The expected output is a verbatim reprint of the lines from the beginning of the data that follows through the line that contains "it goes on.".
Data extracts: Begin
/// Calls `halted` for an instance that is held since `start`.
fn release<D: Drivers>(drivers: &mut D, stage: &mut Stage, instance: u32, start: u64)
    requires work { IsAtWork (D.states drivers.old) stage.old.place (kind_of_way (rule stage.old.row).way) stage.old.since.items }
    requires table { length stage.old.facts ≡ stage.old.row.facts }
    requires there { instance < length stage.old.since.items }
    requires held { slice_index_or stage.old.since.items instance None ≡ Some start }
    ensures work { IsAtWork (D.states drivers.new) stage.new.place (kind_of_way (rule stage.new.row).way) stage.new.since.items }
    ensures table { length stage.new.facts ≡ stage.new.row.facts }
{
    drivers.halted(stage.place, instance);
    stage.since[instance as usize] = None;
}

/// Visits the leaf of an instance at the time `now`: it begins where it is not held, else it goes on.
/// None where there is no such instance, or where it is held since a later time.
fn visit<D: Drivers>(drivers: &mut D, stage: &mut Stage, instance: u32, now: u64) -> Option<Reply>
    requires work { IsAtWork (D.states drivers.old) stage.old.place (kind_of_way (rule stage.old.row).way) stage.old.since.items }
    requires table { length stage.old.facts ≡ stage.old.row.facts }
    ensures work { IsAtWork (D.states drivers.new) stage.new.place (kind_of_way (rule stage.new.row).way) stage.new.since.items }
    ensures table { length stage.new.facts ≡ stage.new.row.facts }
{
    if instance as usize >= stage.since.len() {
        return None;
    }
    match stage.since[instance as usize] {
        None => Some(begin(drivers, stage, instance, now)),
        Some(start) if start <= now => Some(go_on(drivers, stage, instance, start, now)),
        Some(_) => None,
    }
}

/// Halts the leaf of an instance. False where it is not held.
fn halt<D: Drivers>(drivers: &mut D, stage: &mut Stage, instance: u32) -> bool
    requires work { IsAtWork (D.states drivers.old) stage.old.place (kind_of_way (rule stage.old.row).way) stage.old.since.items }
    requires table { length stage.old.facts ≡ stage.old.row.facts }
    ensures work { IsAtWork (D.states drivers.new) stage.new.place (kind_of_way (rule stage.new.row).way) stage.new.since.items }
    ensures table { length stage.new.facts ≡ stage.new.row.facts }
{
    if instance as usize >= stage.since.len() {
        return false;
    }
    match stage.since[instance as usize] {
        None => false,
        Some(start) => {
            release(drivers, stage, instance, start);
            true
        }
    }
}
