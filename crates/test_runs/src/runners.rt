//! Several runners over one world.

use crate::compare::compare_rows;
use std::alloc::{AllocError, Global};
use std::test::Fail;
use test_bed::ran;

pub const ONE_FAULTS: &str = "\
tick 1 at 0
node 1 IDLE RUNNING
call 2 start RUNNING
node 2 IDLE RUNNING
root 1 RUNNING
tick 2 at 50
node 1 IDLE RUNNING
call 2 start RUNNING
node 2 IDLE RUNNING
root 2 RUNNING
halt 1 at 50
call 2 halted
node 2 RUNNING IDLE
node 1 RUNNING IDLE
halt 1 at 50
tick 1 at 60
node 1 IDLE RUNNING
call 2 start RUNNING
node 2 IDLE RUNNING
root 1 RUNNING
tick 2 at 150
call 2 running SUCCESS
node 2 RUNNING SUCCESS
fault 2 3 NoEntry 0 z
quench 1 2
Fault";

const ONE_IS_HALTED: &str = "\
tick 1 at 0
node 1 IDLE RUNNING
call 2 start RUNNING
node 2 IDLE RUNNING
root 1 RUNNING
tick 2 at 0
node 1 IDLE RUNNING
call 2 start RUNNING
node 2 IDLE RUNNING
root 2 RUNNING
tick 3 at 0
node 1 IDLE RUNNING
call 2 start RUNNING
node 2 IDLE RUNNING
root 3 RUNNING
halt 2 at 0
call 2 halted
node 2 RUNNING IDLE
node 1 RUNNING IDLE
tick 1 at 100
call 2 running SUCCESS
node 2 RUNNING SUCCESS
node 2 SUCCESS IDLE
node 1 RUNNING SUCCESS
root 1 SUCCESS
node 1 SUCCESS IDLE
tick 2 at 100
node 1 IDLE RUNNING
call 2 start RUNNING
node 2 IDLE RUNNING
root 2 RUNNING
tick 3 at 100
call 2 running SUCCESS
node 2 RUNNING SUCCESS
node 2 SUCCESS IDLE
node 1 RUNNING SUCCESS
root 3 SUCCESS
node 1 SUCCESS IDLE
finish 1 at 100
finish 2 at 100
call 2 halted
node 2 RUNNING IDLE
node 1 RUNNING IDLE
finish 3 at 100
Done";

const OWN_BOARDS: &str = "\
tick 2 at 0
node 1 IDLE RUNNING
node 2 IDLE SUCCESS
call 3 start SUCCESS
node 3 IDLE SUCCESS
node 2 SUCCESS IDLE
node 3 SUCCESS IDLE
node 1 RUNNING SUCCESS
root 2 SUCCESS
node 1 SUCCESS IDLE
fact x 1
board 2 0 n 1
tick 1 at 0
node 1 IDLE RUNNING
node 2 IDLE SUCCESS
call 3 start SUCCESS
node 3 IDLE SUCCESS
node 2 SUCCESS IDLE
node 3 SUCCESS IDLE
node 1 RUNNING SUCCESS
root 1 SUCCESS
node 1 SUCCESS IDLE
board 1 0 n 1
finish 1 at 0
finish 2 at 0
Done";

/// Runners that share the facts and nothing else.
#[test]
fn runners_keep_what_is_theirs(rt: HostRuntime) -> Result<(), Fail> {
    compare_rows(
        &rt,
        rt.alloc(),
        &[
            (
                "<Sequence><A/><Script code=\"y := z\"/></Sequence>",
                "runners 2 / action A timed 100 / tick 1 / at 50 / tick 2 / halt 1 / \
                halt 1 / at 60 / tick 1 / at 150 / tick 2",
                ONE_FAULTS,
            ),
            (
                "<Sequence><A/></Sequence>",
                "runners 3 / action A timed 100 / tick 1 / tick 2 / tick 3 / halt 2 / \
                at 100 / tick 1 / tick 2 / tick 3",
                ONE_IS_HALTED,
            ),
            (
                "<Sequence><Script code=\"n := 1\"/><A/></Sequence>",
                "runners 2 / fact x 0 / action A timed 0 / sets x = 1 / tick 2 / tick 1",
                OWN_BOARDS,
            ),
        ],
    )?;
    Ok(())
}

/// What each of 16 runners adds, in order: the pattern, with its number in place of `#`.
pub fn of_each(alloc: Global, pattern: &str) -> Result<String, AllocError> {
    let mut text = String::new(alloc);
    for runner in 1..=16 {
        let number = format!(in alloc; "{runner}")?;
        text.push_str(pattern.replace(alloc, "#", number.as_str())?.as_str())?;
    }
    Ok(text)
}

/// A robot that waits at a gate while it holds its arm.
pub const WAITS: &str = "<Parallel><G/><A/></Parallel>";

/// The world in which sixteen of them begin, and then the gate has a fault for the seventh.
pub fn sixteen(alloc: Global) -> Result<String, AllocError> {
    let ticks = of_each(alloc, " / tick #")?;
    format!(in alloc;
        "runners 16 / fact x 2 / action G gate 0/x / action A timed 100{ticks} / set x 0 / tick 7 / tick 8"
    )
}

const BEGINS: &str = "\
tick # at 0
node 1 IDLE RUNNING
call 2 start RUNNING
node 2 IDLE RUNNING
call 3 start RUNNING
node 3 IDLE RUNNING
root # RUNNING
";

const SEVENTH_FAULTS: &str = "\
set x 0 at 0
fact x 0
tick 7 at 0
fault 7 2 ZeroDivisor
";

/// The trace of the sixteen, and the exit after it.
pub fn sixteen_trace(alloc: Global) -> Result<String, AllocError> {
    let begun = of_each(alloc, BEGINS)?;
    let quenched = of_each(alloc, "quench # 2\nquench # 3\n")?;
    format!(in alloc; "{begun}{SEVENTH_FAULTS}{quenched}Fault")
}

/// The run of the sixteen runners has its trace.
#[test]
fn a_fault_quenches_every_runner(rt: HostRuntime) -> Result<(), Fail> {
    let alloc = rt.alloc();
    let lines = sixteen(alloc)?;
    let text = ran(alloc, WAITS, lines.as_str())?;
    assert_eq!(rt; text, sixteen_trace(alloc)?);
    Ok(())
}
Data extracts: End
→ Answer box:
/// Calls `halted` for an instance that is held since `start`.
fn release<D: Drivers>(drivers: &mut D, stage: &mut Stage, instance: u32, start: u64)
    requires work { IsAtWork (D.states drivers.old) stage.old.place (kind_of_way (rule stage.old.row).way) stage.old.since.items }
    requires table { length stage.old.facts ≡ stage.old.row.facts }
    requires there { instance < length stage.old.since.items }
    requires held { slice_index_or stage.old.since.items instance None ≡ Some start }
    ensures work { IsAtWork (D.states drivers.new) stage.new.place (kind_of_way (rule stage.new.row).way) stage.new.since.items }
    ensures table { length stage.new.facts ≡ stage.new.row.facts }
{
    drivers.halted(stage.place, instance);
    stage.since[instance as usize] = None;
}

/// Visits the leaf of an instance at the time `now`: it begins where it is not held, else it goes on.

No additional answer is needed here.